Copy every line of the entries that has the string "Rattle" in it.

[Stored data entries]

·····

//! The symbols that every program's table begins with, and their texts.
ghost use Rattle.std.specs.Prelude.{◌≡◌, [], map, IfOk};
ghost use Rattle.core_terms.specs.Names.{basis_texts};
ghost use Rattle.type_makers.specs.Tables.{put_texts};

use con_terms::{Sym, SymTable};
use std::alloc::{AllocError, Global};
use table_rows::{Text, Texts};

/// The texts of the symbols of the basis, in the order of their numbers.
const TEXTS: [&str; 36] = [
    "int",
    "string",
    "url",
    "bool",
    "option",
    "list",
    "transaction",
    "xml",
    "show",
    "eq",
    "ord",
    "num",
    "sql_table",
    "sql_query",
    "sql_exp",
    "dml",
    "sql_sequence",
    "http_cookie",
    "sql_injectable",
    "Html",
    "Body",
    "Head",
    "Table",
    "Tr",
    "Form",
    "1",
    "2",
    "Value",
    "Secure",
    "False",
    "True",
    "None",
    "Some",
    "Nil",
    "Cons",
    "t",
];

/// `int`
pub const INT: Sym = Sym { number: 0 };

/// `string`
pub const STRING: Sym = Sym { number: 1 };

/// `url`
pub const URL: Sym = Sym { number: 2 };

/// `bool`
pub const BOOL: Sym = Sym { number: 3 };

/// `option`
pub const OPTION: Sym = Sym { number: 4 };

/// `list`
pub const LIST: Sym = Sym { number: 5 };

/// `transaction`
pub const TRANSACTION: Sym = Sym { number: 6 };

/// `xml`
pub const XML: Sym = Sym { number: 7 };

/// `show`
pub const SHOW: Sym = Sym { number: 8 };

/// `eq`
pub const EQ: Sym = Sym { number: 9 };

/// `ord`
pub const ORD: Sym = Sym { number: 10 };

/// `num`
pub const NUM: Sym = Sym { number: 11 };

/// `sql_table`
pub const SQL_TABLE: Sym = Sym { number: 12 };

/// `sql_query`
pub const SQL_QUERY: Sym = Sym { number: 13 };

/// `sql_exp`
pub const SQL_EXP: Sym = Sym { number: 14 };

/// `dml`
pub const DML: Sym = Sym { number: 15 };

/// `sql_sequence`
pub const SQL_SEQUENCE: Sym = Sym { number: 16 };

/// `http_cookie`
pub const HTTP_COOKIE: Sym = Sym { number: 17 };

/// `sql_injectable`
pub const SQL_INJECTABLE: Sym = Sym { number: 18 };

/// `Html`
pub const HTML: Sym = Sym { number: 19 };

/// `Body`
pub const BODY: Sym = Sym { number: 20 };

/// `Head`
pub const HEAD: Sym = Sym { number: 21 };

/// `Table`
pub const TABLE: Sym = Sym { number: 22 };

/// `Tr`
pub const TR: Sym = Sym { number: 23 };

/// `Form`
pub const FORM: Sym = Sym { number: 24 };

/// `1`
pub const FIRST: Sym = Sym { number: 25 };

/// `2`
pub const SECOND: Sym = Sym { number: 26 };

/// `Value`
pub const VALUE: Sym = Sym { number: 27 };

/// `Secure`
pub const SECURE: Sym = Sym { number: 28 };

/// `False`
pub const FALSE: Sym = Sym { number: 29 };

/// `True`
pub const TRUE: Sym = Sym { number: 30 };

/// `None`
pub const NONE: Sym = Sym { number: 31 };

/// `Some`
pub const SOME: Sym = Sym { number: 32 };

/// `Nil`
pub const NIL: Sym = Sym { number: 33 };

/// `Cons`
pub const CONS: Sym = Sym { number: 34 };

/// `t`
pub const PARAMETER: Sym = Sym { number: 35 };

/// Texts in order.
fn texts_of(alloc: Global, mut texts: &[&str]) -> Result<Texts, AllocError>
    ensures { IfOk result (λ new. new ≡ map (λ t. t.now) texts.entry.now) }
{
    let mut names = Texts::new(alloc);
    while let [text, rest @ ..] = texts {
        names.push(Text::of(alloc, text)?)?;
        texts = rest;
    }
    Ok(names)
}

/// The texts with which a program's table begins.
pub fn basis_names(alloc: Global) -> Result<Texts, AllocError>
    ensures { IfOk result (λ new. new ≡ basis_texts) }
{
    texts_of(alloc, &TEXTS)
}

/// A table of texts, put in one after another.
fn table_of(alloc: Global, mut texts: &[&str]) -> Result<SymTable, AllocError>
    ensures { IfOk result (λ new. new ≡ put_texts [] (map (λ t. t.now) texts.entry.now)) }
{
    let mut table = SymTable::new(alloc);
    while let [text, rest @ ..] = texts {
        table.intern(text)?;
        texts = rest;
    }
    Ok(table)
}

/// The table of symbols with which a program's reading begins.
pub fn basis_symbols(alloc: Global) -> Result<SymTable, AllocError>
    ensures { IfOk result (λ new. new ≡ basis_texts) }
{
    table_of(alloc, &TEXTS)
}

·····

Task solution.
ghost use Rattle.std.specs.Prelude.{◌≡◌, [], map, IfOk};
ghost use Rattle.core_terms.specs.Names.{basis_texts};
ghost use Rattle.type_makers.specs.Tables.{put_texts};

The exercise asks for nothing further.